Within the material below, locate the line with "(λ e. ((e ≡ OfRead) × (F.open_may_fail" and the line with "was the last.", then return those two lines and all lines between them, exactly as written.

——

//! Readings of a file.
ghost use Rattle.std.specs.Prelude.{◌≡◌, ◌⊎◌, true, Some, IfOk, IfErr, IfSome, MatchResult};
ghost use Rattle.std.specs.Io.KnownBytes.{Keeps, IsAtEnd, prepend_known};
ghost use Rattle.octets.specs.declared.fault.Fault.TheVariants.{OutOfMemory, Read as OfRead};
ghost use Rattle.command.specs.Blames.{InputMayFail, MayFail};

use crate::failure::fault_of;
use crate::storage::Storage;
use octets::{Fault, Intake, fill};
use std::alloc::Allocator;

// How many bytes are taken at a time when a whole file is read.
const CHUNK: usize = 65536;

// Opens a file for a reading. `Read` if it can't be opened, `OutOfMemory` if an allocation fails.
pub(crate) fn reading<F: Storage>(files: &F, path: &str, reading: u8) -> Result<F::Input, Fault>
    ensures { MatchResult result
        (λ input. IfSome (F.contents files.now path.now reading) (λ bytes. F.Input.left input ≡ Some bytes))
        (λ e. ((e ≡ OfRead) × (F.open_may_fail files.now path.now reading ≡ true)) ⊎ (e ≡ OutOfMemory)) }
{
    match files.open(path, reading) {
        Ok(input) => Ok(input),
        Err(error) => Err(fault_of(&error, Fault::Read)),
    }
}

// Takes a chunk and appends it to the bytes taken so far. Returns whether it was the last.
fn take_chunk<A: Allocator, I: Intake>(
    input: &mut I,
    chunk: &mut [u8],
    bytes: &mut Vec<u8, A>,
) -> Result<bool, Fault>
    ensures taken { IfOk result (λ _. Keeps (prepend_known bytes.old.items (I.left input.old))
        (prepend_known bytes.new.items (I.left input.new))) }
    ensures all { IfOk result (λ is_last. is_last ≡ true → IsAtEnd (I.left input.new)) }
    ensures blame { IfErr result (λ e. ((e ≡ OfRead) × ∥ MayFail I.failures ∥₁) ⊎ (e ≡ OutOfMemory)) }
{
    let n = match fill(input, chunk) {
        Ok(n) => n,
        Err(_) => return Err(Fault::Read),
    };
    bytes.extend_from_slice(&chunk[..n])?;
    Ok(n < chunk.len())
}

// Takes all bytes that are left. `Read` if the device fails, `OutOfMemory` if an allocation fails. No vector holds 2^64 chunks,
// so the loop always returns before its end.
fn take_all<'a, A: Allocator, I: Intake>(
    alloc: &'a A,
    input: &mut I,
) -> Result<Vec<u8, &'a A>, Fault>
    ensures { MatchResult result
        (λ v. IfSome (I.left input.old) (λ bytes. v.items ≡ bytes))
        (λ e. ((e ≡ OfRead) × ∥ MayFail I.failures ∥₁) ⊎ (e ≡ OutOfMemory)) }
{
    let mut chunk = vec![in alloc; 0; CHUNK]?;
    let mut bytes = Vec::new(alloc);
    for _ in 0..u64::MAX {
        let is_last = take_chunk(input, &mut chunk, &mut bytes)?;
        if is_last {
            return Ok(bytes);
        }
    }
    Err(Fault::OutOfMemory)
}

// Returns the bytes of a file. `Read` if it can't be opened or read, `OutOfMemory` if an allocation fails.
pub(crate) fn file_bytes<'a, A: Allocator, F: Storage>(
    alloc: &'a A,
    files: &F,
    path: &str,
) -> Result<Vec<u8, &'a A>, Fault>
    ensures { MatchResult result
        (λ v. IfSome (F.contents files.now path.now 0) (λ bytes. v.items ≡ bytes))
        (λ e. ((e ≡ OfRead) × InputMayFail (F.open_may_fail files.now path.now) F.Input.failures)
        ⊎ (e ≡ OutOfMemory)) }
{
    let mut input = reading(files, path, 0)?;
    match take_all(alloc, &mut input) {
        Ok(bytes) => Ok(bytes),
        Err(fault) => Err(fault),
    }
}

——

Your response ▸
        (λ e. ((e ≡ OfRead) × (F.open_may_fail files.now path.now reading ≡ true)) ⊎ (e ≡ OutOfMemory)) }
{
    match files.open(path, reading) {
        Ok(input) => Ok(input),
        Err(error) => Err(fault_of(&error, Fault::Read)),
    }
}

// Takes a chunk and appends it to the bytes taken so far. Returns whether it was the last.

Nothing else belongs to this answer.